** Problem **
Which lines below contain the word "minute"? Copy each of them.

(Collection entries)
━━━━━━━━━━━━━━━━

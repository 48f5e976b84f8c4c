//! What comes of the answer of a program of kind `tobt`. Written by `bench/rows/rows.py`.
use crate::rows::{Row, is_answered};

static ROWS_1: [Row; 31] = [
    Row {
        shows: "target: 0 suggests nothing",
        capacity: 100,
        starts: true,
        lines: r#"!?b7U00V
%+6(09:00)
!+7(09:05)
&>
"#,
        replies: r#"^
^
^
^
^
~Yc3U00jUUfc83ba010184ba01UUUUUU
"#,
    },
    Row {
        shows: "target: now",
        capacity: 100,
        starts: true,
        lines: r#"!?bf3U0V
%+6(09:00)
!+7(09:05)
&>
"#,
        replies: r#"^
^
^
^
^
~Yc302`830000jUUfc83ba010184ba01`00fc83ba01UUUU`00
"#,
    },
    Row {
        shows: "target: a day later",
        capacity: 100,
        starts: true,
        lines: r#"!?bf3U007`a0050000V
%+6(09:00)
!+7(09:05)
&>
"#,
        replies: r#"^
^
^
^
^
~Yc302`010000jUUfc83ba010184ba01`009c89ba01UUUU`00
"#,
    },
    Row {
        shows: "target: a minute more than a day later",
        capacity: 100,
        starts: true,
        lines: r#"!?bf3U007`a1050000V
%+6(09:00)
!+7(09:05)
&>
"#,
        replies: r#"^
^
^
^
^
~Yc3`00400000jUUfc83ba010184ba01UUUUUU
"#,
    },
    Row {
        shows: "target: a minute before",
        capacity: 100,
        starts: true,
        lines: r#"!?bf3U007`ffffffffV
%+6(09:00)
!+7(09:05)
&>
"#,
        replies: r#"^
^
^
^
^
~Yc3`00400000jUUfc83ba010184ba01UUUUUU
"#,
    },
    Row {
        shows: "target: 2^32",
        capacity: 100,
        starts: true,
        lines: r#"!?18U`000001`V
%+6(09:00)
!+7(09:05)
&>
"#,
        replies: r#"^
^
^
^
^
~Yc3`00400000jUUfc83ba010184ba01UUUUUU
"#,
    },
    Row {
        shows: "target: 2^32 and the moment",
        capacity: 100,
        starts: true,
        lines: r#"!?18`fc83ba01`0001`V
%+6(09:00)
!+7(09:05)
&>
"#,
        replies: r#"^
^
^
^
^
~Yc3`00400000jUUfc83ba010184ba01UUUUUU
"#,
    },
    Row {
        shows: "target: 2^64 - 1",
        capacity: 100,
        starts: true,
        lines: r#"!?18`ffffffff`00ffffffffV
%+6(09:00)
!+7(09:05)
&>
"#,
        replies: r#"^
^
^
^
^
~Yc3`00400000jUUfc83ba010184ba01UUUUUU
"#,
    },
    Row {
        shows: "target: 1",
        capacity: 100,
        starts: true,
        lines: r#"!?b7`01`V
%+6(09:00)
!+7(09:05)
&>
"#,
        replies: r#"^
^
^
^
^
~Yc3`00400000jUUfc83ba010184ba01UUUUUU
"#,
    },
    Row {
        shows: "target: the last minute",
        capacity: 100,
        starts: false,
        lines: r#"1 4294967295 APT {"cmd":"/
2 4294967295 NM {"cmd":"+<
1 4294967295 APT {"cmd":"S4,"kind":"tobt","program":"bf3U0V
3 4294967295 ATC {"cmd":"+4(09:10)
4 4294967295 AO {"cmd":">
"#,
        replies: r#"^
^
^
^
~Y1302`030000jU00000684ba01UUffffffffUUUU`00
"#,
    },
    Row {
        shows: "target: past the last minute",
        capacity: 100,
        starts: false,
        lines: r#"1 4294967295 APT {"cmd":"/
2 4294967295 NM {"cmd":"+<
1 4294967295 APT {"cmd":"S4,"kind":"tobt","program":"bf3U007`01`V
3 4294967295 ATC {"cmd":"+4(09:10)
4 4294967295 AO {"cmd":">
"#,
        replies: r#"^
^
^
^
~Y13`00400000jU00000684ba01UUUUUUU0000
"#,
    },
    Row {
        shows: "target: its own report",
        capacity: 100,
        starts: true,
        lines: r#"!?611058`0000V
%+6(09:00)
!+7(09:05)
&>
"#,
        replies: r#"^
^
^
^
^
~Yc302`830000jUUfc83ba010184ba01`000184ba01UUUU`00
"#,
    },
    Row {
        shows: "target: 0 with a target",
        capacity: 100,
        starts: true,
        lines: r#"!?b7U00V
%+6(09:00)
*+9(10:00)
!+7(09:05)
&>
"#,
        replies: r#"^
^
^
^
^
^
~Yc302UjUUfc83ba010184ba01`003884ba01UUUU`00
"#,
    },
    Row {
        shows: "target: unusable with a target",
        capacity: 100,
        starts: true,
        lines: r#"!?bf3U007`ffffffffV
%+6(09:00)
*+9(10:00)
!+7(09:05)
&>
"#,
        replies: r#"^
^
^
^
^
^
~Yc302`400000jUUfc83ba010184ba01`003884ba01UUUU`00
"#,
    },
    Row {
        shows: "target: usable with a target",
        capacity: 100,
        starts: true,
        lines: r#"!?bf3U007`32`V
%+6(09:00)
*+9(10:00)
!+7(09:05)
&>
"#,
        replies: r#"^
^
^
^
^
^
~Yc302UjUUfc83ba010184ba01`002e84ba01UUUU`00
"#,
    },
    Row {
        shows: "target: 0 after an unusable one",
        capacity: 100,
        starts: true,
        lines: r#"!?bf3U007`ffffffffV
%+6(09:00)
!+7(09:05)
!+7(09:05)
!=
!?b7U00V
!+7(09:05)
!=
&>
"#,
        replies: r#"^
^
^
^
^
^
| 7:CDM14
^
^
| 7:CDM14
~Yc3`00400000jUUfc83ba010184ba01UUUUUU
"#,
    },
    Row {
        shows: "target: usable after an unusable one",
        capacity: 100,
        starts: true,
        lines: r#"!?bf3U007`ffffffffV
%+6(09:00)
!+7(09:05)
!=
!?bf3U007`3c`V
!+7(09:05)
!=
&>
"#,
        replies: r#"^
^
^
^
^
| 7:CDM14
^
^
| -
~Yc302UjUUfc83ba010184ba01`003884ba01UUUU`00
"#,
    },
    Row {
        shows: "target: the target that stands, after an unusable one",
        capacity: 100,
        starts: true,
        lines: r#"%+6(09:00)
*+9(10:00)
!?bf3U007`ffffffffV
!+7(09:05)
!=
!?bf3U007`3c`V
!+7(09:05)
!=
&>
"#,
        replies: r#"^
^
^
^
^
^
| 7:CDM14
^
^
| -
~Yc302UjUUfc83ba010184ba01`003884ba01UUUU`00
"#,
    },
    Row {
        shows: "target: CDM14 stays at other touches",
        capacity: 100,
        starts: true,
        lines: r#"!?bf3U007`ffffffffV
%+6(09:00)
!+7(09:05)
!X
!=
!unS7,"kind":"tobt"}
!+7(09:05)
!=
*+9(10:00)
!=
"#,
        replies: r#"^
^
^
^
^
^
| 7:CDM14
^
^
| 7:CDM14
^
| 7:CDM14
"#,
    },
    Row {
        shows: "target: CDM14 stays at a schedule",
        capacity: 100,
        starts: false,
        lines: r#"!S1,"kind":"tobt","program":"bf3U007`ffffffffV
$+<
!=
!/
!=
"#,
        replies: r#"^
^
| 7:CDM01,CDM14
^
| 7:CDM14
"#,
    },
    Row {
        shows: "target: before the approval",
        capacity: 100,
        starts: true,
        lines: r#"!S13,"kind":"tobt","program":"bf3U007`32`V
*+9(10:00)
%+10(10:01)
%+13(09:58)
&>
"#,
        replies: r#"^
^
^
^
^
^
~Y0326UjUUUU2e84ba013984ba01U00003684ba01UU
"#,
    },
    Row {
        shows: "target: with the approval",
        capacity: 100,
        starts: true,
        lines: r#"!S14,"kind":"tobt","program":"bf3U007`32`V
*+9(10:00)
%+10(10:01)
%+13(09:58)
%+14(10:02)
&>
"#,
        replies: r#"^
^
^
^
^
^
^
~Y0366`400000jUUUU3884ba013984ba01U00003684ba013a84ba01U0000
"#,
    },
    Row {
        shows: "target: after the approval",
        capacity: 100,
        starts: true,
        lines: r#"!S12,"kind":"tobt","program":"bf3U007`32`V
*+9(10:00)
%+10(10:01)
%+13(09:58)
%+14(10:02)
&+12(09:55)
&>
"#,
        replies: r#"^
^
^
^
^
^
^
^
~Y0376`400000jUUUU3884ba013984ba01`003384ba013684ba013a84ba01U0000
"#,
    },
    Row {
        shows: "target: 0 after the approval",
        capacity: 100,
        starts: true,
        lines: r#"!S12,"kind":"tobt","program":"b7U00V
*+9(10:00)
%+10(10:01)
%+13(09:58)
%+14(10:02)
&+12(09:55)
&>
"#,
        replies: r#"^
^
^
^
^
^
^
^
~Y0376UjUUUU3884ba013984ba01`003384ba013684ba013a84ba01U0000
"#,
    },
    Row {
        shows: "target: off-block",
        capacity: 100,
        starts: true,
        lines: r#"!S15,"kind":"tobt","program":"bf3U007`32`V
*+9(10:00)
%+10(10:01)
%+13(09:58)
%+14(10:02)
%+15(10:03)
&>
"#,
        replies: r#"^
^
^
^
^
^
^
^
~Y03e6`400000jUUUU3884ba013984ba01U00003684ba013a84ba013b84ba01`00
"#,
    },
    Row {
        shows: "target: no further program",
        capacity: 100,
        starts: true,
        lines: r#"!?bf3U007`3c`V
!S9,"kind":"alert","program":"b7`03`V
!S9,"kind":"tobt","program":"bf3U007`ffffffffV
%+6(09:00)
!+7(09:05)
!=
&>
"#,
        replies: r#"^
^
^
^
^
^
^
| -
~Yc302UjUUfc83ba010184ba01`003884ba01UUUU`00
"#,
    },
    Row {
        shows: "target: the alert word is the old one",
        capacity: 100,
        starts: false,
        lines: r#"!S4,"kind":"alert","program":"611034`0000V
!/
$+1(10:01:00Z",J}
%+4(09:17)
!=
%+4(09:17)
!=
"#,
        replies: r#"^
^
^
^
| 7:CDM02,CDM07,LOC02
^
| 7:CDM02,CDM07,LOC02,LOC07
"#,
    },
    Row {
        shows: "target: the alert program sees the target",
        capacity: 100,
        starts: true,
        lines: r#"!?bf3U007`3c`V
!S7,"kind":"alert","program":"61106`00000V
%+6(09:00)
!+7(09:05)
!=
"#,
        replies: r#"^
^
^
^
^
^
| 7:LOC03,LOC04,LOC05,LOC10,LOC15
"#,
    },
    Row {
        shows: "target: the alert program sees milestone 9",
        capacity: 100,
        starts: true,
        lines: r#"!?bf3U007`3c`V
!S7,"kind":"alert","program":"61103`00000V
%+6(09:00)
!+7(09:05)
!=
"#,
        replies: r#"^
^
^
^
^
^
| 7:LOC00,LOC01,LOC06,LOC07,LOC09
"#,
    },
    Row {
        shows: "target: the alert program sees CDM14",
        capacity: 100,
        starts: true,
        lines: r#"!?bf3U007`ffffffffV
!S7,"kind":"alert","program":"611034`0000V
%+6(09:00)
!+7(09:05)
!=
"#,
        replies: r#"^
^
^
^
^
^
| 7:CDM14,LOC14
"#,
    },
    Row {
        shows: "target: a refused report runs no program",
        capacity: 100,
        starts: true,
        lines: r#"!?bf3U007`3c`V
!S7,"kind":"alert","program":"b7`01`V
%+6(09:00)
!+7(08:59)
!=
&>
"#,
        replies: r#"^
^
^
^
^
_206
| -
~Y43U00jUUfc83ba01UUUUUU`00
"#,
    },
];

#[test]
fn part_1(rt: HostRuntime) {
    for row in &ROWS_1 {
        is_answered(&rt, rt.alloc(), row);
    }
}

━━━━━━━━━━━━━━━━

** Your response **
        shows: "target: a minute more than a day later",
        shows: "target: a minute before",
        shows: "target: the last minute",
        shows: "target: past the last minute",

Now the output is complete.